### Activity
In the entries below, find each line with the string "come" and copy it.

Items from a dataset
Content starts
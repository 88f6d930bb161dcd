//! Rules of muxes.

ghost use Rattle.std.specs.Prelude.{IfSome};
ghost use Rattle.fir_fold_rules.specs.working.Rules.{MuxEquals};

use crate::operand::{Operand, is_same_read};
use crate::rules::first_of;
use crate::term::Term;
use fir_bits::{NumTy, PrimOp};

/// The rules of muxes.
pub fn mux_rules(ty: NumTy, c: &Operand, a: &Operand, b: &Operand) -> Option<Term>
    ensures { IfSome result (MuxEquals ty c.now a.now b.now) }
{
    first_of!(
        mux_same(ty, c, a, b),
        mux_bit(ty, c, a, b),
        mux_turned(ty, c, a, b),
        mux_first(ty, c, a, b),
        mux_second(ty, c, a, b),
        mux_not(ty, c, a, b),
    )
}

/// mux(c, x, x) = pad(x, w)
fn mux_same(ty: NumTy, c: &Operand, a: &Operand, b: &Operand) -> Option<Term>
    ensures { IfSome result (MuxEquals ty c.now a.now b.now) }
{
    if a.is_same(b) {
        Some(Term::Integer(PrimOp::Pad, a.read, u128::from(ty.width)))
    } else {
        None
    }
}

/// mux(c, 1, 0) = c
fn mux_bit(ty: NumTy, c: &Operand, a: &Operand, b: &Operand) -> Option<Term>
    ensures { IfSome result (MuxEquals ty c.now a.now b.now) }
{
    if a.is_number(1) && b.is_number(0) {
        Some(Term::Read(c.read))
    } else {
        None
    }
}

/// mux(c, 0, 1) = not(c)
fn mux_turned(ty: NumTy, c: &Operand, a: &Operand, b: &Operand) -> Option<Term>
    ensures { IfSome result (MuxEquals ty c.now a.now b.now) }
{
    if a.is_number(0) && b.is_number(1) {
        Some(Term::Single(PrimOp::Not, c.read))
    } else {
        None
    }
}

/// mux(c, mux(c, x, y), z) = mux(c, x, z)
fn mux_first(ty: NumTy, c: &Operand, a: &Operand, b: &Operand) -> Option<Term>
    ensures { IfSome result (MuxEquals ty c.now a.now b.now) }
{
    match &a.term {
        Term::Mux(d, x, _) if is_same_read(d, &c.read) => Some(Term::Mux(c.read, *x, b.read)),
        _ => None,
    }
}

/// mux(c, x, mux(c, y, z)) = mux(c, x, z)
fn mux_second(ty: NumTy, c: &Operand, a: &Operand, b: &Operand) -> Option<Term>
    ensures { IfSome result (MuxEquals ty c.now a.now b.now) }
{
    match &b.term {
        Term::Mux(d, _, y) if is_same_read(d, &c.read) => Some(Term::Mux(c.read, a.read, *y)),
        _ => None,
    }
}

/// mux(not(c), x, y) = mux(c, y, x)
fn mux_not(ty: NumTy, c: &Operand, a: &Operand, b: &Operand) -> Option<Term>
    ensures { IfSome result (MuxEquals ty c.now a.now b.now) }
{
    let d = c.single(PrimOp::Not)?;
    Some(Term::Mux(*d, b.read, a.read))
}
Content ends
Content starts
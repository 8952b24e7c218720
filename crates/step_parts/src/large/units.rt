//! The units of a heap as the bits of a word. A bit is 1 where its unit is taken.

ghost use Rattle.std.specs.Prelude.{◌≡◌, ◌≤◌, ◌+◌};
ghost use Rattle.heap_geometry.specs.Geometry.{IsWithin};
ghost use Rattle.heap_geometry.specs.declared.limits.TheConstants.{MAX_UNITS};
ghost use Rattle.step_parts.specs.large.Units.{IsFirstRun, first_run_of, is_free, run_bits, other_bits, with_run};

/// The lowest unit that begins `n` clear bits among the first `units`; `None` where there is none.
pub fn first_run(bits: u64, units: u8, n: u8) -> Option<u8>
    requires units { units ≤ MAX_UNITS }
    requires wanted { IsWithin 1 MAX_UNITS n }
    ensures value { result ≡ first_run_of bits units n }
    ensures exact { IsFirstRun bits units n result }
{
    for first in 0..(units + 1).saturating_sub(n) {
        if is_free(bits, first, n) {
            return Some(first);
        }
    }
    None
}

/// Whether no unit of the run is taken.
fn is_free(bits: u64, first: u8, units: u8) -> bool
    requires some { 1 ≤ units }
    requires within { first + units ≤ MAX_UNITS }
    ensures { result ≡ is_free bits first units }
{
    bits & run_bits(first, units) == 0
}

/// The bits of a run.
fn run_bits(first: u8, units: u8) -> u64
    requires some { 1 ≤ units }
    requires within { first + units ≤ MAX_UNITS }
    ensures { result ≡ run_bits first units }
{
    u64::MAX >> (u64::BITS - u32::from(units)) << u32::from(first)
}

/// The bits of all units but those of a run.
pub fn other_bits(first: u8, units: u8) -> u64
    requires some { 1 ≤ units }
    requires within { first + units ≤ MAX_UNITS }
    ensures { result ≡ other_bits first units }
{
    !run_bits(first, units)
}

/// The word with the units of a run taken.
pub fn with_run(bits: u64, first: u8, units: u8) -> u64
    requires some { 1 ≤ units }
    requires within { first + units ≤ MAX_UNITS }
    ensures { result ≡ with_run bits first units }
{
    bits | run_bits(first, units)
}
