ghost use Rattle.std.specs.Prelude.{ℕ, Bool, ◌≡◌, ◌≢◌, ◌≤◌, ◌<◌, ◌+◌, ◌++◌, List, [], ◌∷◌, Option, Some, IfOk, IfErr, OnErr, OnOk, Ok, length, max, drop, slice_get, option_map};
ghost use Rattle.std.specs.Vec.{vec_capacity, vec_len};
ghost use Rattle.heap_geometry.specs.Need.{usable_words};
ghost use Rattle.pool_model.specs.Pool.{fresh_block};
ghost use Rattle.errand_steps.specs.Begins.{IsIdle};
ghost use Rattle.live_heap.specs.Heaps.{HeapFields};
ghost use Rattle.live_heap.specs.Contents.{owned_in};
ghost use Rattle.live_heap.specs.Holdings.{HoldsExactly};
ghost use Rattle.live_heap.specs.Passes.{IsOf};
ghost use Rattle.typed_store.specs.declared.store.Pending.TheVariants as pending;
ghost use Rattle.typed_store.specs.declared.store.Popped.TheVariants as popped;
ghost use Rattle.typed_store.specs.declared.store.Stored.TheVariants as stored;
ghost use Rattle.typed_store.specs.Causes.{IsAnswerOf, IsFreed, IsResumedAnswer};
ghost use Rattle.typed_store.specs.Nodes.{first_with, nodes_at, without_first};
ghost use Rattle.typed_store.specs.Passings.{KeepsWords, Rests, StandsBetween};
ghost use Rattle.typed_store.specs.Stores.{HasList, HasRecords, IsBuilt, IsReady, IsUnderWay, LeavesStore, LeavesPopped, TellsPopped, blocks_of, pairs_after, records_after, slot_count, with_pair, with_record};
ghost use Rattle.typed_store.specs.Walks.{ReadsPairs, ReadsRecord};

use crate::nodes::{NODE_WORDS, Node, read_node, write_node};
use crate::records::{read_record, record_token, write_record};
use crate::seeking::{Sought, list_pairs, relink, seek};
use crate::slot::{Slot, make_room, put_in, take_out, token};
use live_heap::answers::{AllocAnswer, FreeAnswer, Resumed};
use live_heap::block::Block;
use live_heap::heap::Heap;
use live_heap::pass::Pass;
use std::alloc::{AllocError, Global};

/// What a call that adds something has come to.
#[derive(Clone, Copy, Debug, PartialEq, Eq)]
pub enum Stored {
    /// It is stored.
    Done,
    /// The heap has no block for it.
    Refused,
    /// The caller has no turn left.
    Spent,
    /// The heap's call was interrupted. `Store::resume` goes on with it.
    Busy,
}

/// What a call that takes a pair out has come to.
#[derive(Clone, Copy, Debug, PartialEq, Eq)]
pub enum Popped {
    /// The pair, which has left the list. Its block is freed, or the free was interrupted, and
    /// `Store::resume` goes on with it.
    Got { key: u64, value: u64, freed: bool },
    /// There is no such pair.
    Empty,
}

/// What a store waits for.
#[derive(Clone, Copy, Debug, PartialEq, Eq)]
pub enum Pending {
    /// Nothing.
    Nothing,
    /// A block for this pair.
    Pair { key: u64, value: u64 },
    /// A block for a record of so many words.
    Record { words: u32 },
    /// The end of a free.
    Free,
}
Content ends
### Result of this exercise
/// What a call that adds something has come to.
/// What a call that takes a pair out has come to.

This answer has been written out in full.